# [Work to be completed]
In your reply, write out each entry exactly as given.

Stored items
☆ ☆ ☆ ☆ ☆ ☆ ☆
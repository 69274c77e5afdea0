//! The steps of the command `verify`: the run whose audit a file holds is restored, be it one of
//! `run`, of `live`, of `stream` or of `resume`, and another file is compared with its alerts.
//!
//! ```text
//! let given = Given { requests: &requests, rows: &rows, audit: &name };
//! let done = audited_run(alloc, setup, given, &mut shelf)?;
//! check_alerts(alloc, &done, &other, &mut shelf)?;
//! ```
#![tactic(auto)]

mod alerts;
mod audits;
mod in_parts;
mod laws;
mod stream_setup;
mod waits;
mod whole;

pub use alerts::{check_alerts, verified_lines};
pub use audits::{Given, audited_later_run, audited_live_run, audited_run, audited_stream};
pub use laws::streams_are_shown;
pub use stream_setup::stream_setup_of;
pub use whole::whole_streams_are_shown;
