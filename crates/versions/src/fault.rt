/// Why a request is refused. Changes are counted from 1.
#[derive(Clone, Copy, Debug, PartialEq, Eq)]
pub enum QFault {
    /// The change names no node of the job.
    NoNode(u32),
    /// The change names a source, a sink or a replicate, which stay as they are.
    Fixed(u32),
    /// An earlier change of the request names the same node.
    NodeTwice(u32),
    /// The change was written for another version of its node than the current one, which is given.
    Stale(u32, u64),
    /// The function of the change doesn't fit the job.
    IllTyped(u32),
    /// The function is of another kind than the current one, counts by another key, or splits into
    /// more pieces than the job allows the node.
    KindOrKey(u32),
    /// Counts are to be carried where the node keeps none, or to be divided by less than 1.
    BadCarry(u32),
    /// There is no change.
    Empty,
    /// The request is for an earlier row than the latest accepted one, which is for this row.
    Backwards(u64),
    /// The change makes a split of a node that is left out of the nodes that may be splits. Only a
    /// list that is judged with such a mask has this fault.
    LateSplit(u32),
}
☆ ☆ ☆ ☆ ☆ ☆ ☆
# [Result of the exercise]
repository 69274c77e5afdea0
//! The steps of the command `verify`: the run whose audit a file holds is restored, be it one of
//! `run`, of `live`, of `stream` or of `resume`, and another file is compared with its alerts.
//!
//! ```text
//! let given = Given { requests: &requests, rows: &rows, audit: &name };
//! let done = audited_run(alloc, setup, given, &mut shelf)?;
//! check_alerts(alloc, &done, &other, &mut shelf)?;
//! ```
#![tactic(auto)]

mod alerts;
mod audits;
mod in_parts;
mod laws;
mod stream_setup;
mod waits;
mod whole;

pub use alerts::{check_alerts, verified_lines};
pub use audits::{Given, audited_later_run, audited_live_run, audited_run, audited_stream};
pub use laws::streams_are_shown;
pub use stream_setup::stream_setup_of;
pub use whole::whole_streams_are_shown;
filename crates/versions/src/fault.rt
/// Why a request is refused. Changes are counted from 1.
#[derive(Clone, Copy, Debug, PartialEq, Eq)]
pub enum QFault {
    /// The change names no node of the job.
    NoNode(u32),
    /// The change names a source, a sink or a replicate, which stay as they are.
    Fixed(u32),
    /// An earlier change of the request names the same node.
    NodeTwice(u32),
    /// The change was written for another version of its node than the current one, which is given.
    Stale(u32, u64),
    /// The function of the change doesn't fit the job.
    IllTyped(u32),
    /// The function is of another kind than the current one, counts by another key, or splits into
    /// more pieces than the job allows the node.
    KindOrKey(u32),
    /// Counts are to be carried where the node keeps none, or to be divided by less than 1.
    BadCarry(u32),
    /// There is no change.
    Empty,
    /// The request is for an earlier row than the latest accepted one, which is for this row.
    Backwards(u64),
    /// The change makes a split of a node that is left out of the nodes that may be splits. Only a
    /// list that is judged with such a mask has this fault.
    LateSplit(u32),
}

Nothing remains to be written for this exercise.